The data shown in tables 5 and 6 show that the proposed method is characterized by high accuracy and correctness of the analysis.

Also, in the course of laboratory tests of the proposed method, the following characteristics were established: measurement ranges of phenol and catechol in the blood, values of accuracy, accuracy, repeatability and intralaboratory precision. The data obtained are shown in tables 7 and 8.

The data given in tables 7 and 8 show that the proposed method allows to determine with high accuracy in whole blood phenol and catechol in the concentration range of 0.004-1.0 mg/DM ³ .
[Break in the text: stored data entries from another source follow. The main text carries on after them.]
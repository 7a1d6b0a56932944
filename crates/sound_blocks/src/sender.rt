// A sender block, but for its count, which is judged for all senders at once.
#![tactic(auto, using(layout::proofs::Tests::tests), unfolding(paper::specs::Sound::sender_fields, paper::specs::Sound::sender_day_and_nets))]

ghost use Rattle.std.specs.Prelude.{◌≡◌, ◌≤◌};
ghost use Rattle.paper.specs.Layout.{n_of};
ghost use Rattle.paper.specs.Sound.{sender_fields, sender_day_and_nets};

use super::entries::nets_allowed;
use super::ranges::version_allowed;
use eic::eic_valid;
use field::{id_well_formed, same};
use layout::{day_of_book, day_of_message, id_of, n_of, receiver, sender, sender_zeros, version};

pub fn sender_fields(d: &[u8], s: &[u8]) -> bool
    ensures { result ≡ sender_fields d.now s.now }
{
    (n_of(s) == n_of(d))
        & version_allowed(version(s))
        & id_well_formed(id_of(s))
        & eic_valid(sender(s))
        & sender_zeros(s)
}

pub fn sender_day(d: &[u8], s: &[u8]) -> bool
    requires { n_of d.now ≤ 100 }
    ensures { result ≡ sender_day_and_nets d.now s.now }
{
    same(receiver(s), receiver(d))
        & same(day_of_message(s), day_of_book(d))
        & nets_allowed(n_of(d) as usize, s)
}
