// Words and entries of a trace, read from its bytes. What they mean stands in the crate `format`.
#![tactic(auto)]

ghost use Rattle.std.specs.Prelude.{◌≡◌, ◌+◌, ◌*◌, ◌^◌, ◌≤◌, length};
ghost use Rattle.format.specs.Bytes.{word, word_at};
ghost use Rattle.format.specs.Traces.{entry_size, write_at, entry_at};

use card::Write;
use format::ENTRY;

// ---- Little-endian 32-bit numbers.

// The number whose first byte stands at `at`, inside the slice.
#[tactic(auto, unfolding(format::specs::Bytes::word))]
fn word_inside(b: &[u8], at: usize) -> u32
    requires { at + 4 ≤ length b.now }
    ensures { result ≡ word b.now at }
{
    u32::from_le_bytes([b[at], b[at + 1], b[at + 2], b[at + 3]])
}

// The number whose first byte stands at `at`; 0 where four bytes do not stand there, as `Bytes.word_at` has it.
#[tactic(auto, unfolding(format::specs::Bytes::word_at))]
pub fn word_at(b: &[u8], at: usize) -> u32
    ensures { result ≡ word_at b.now at }
{
    if b.len() < 4 || b.len() - 4 < at {
        return 0;
    }
    word_inside(b, at)
}

// ---- Entries of 12 bytes: space, lanes, two zero bytes, address, data.

// The write of the entry that starts at `at`, inside the part.
#[tactic(auto, unfolding(format::specs::Traces::write_at))]
fn write_at(part: &[u8], at: usize) -> Write
    requires { at + entry_size ≤ length part.now }
    ensures { result ≡ write_at part.now at }
{
    Write {
        space: part[at],
        lanes: part[at + 1],
        address: word_inside(part, at + 4),
        data: word_inside(part, at + 8),
    }
}

// The write of the entry that starts at `at`; four zeros where no whole entry starts there, as `Traces.entry_at` has it.
#[tactic(auto, unfolding(format::specs::Traces::entry_at))]
pub fn entry_at(part: &[u8], at: usize) -> Write
    ensures { result ≡ entry_at part.now at }
{
    if part.len() < ENTRY || part.len() - ENTRY < at {
        return Write {
            space: 0,
            lanes: 0,
            address: 0,
            data: 0,
        };
    }
    write_at(part, at)
}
The sensitivity of the proposed method makes it possible to detect low concentrations, including at the level of background values (as metabolic products), as well as high concentrations associated with contamination of biological media in production conditions.

Claims (1)

A method for determining the mass concentrations of phenol and pyrocatechol in the blood by high-performance liquid chromatography, characterized in that they take a blood sample, acidify it with a 0.1% solution of orthophosphoric acid in a sample/acid solution volume ratio of 20:1, extract analytes liquid extraction, for which acetonitrile is added to the acidified sample in a sample/acetonitrile volume ratio of 1:1, respectively, the mixture is centrifuged for 10 minutes at a speed of 5000 rpm, the upper layer of the extract is taken, 0.1 g of a mixture of C18 sorbent is added to it and salts of magnesium sulfate in a mass ratio of 1:6, respectively, to purify the extract, mix for 1 min and centrifuge again for 10 min at a speed of 5000 rpm, the purified extract is filtered and injected into the chromatograph 10 mm ^{3 of} the filtered extract, the measurement is carried out and the concentration of phenol is determined and catechol using a calibration curve.